RVW was a great composer, but as much as I enjoy the symphonies, they're not all masterpieces. None of them is standard repertoire and that has to count for something. And I really don't think he was the greatest 20th c symphonist by any standard. There were a lot of great symphonies written from 1900 to 2000. Shostakovich wrote better symphonies. i'd even argue that the two Elgar symphonies surpass RVW. Maybe even Franz Schmidt.


----------



## mikeh375 (Sep 7, 2017)

I'm a big fan of RVW with a special fondness for at least 5 of his symphonies (which includes the 'Sea Symphony').
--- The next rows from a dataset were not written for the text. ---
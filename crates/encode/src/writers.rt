// The writers of original rows and of update data: checks first, then the maps, then field after field.
ghost use Rattle.std.specs.Prelude.{◌≤◌, length};
ghost use Rattle.column.specs.Layout.{columns_in};
ghost use Rattle.encode.specs.Writers.{writing, write_original, write_update, values_sized, WroteAt};
ghost use Rattle.encode.specs.Steps.{stands_in, row_in};

use crate::entry::are_entries;
use crate::row::Row;
use column::column::Column;
use column::columns::Columns;
use wire::LIMIT;
use wire::error::{Error, ErrorKind, Input};

// Writes update data or an original row from `place` on.
fn write_row(
    update: bool,
    columns: &[Column],
    entries: &[u32],
    values: &[u8],
    out: &mut [u8],
    place: usize,
) -> Result<usize, Error>
    requires { length columns.now ≤ 64 }
    ensures { WroteAt (values_sized values.now (writing (stands_in update) (row_in update) columns.now entries.now values.now (length out.old) place)) place out.old out.new result }
{
    if values.len() > LIMIT {
        return Err(Error::at_start(ErrorKind::TooLarge, Input::Values));
    }
    if place > out.len() {
        return Err(Error::at_start(ErrorKind::Missing, Input::Place));
    }
    if entries.len() != 3 * columns.len() || !are_entries(entries, values, columns.len()) {
        return Err(Error::at_start(ErrorKind::Missing, Input::Entries));
    }
    let row = Row {
        update,
        columns,
        entries,
        values,
    };
    row.write(out, place)
}

// Writes an original row with these entries from `place` on.
pub fn write_original(
    columns: Columns,
    entries: &[u32],
    values: &[u8],
    out: &mut [u8],
    place: usize,
) -> Result<usize, Error>
    ensures { WroteAt (values_sized values.now (write_original (columns_in columns) entries.now values.now (length out.old) place)) place out.old out.new result }
{
    write_row(false, columns.as_slice(), entries, values, out, place)
}

// Writes update data with these entries from `place` on.
// Kept: a call of its own beside `write_original`, as the theorems on both name them.
pub fn write_update(
    columns: Columns,
    entries: &[u32],
    values: &[u8],
    out: &mut [u8],
    place: usize,
) -> Result<usize, Error>
    ensures { WroteAt (values_sized values.now (write_update (columns_in columns) entries.now values.now (length out.old) place)) place out.old out.new result }
{
    write_row(true, columns.as_slice(), entries, values, out, place)
}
Even so, I too wouldn't say he was _the_ greatest of the 20thC. Speaking subjectively - as that's the only possible way to grade if one must - there is strong competition from the big 2 Russians and that's before considering the rest of the world.
Sticking with composers in my country and going on subjective quality more than quantity, Walton's 1st, Britten's Sinfonia da Requiem, Spring and Cello Symphonies and Tippett's 4 Symphonies also stand out as major masterpieces in British Music imo. There's more too, depending on your tastes of course. Malcom Arnold, John McCabe and David Matthews have a considerable output in symphonic form as does Robert Simpson to mention just a few. Of RVW's symphonies, I put no.5 at the top, then in no particular order of preference, nos.1,2,3,7,8. BTW, his 'Five Tudor Portraits' are symphonic in scope too.
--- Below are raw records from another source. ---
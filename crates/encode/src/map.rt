// The maps of a row: which columns have a bit, which bit an entry has, and the bytes of a map's bits.
ghost use Rattle.std.specs.Prelude.{◌≡◌, ◌+◌, ◌*◌, ◌≤◌, ◌<◌, drop};
ghost use Rattle.wire.specs.Output.{put};
ghost use Rattle.encode.specs.Encoding.{byte_of, pack_in};
ghost use Rattle.encode.specs.Steps.{told_entry, has_bit, bit_of};

use crate::entry::Entry;
use column::column::Column;
use wire::bytes::copy_into;

// The maps of a row.
#[derive(Clone, Copy)]
pub(crate) enum Map {
    Presence,
    Update,
    Force,
}

// The bits of a map, and how many they are; those behind them are 0.
// Kept: a buffer with its count, since a function that finds the bits hands them out (fixed memory).
#[derive(Clone, Copy)]
pub(crate) struct Bits {
    pub(crate) bits: [bool; 64],
    pub(crate) count: usize,
}

// Whether a column has a bit in a map.
#[tactic(auto, unfolding(crate::specs::Steps::has_bit))]
pub(crate) fn has_bit(map: Map, column: Column) -> bool
    ensures { result ≡ has_bit map column }
{
    // Kept: a map is an enum, and its cases are written once; closures for them are no plainer.
    match map {
        Map::Presence => column.is_nullable(),
        Map::Update | Map::Force => true,
    }
}

// The bit of an entry in a map.
#[tactic(auto, unfolding(crate::specs::Steps::bit_of))]
pub(crate) fn bit_of(map: Map, given: Entry) -> bool
    ensures { result ≡ bit_of map (told_entry given.entry) }
{
    match map {
        Map::Presence => matches!(given, Entry::Value(_)),
        Map::Update => !matches!(given, Entry::Unchanged),
        Map::Force => matches!(given, Entry::Null),
    }
}

// Byte `j` of the map of these bits, the first as its top bit.
fn map_byte(bits: &[bool; 64], j: usize) -> u8
    requires { j < 8 }
    ensures { result ≡ byte_of (drop (8 * j) bits.now) }
{
    let mut byte = 0;
    for bit in &bits[8 * j..8 * j + 8] {
        byte = 2 * byte + u8::from(*bit);
    }
    byte
}

// Writes `size` bytes of the map of these bits from `at` on, where they fit.
pub(crate) fn put_bytes(out: &mut [u8], at: usize, bits: &[bool; 64], size: usize)
    requires { size ≤ 8 }
    ensures { out.new ≡ put out.old at (pack_in size bits.now) }
{
    let mut bytes = [0u8; 8];
    for (j, byte) in bytes.iter_mut().enumerate() {
        *byte = map_byte(bits, j);
    }
    copy_into(out, at, &bytes[..size]);
}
So for me, RVW is a great symphonist, but the moniker of 'greatest' is obviously not one that can be definitively bestowed on any composer and is therefore somewhat moot.


----------



## Abdel ove Allhan (Jun 19, 2014)

Rogerx said:


> I think every composer has that, on the other hand it can depend on how one feels whilst listening..


And “that” is…what?


----------



## Rogerx (Apr 27, 2018)

Abdel ove Allhan said:


> And “that” is…what?


Other composer as stated, See the Mahler threads........


----------



## EdwardBast (Nov 25, 2013)

I like RVW symphonies, but no — Shostakovich, Prokofiev, Miaskovsky, Schnittke, before we even get out of Russia.


----------



## Abdel ove Allhan (Jun 19, 2014)

mikeh375 said:


> nos.1,2,3,7,8. BTW, his 'Five Tudor Portraits' are symphonic in scope too.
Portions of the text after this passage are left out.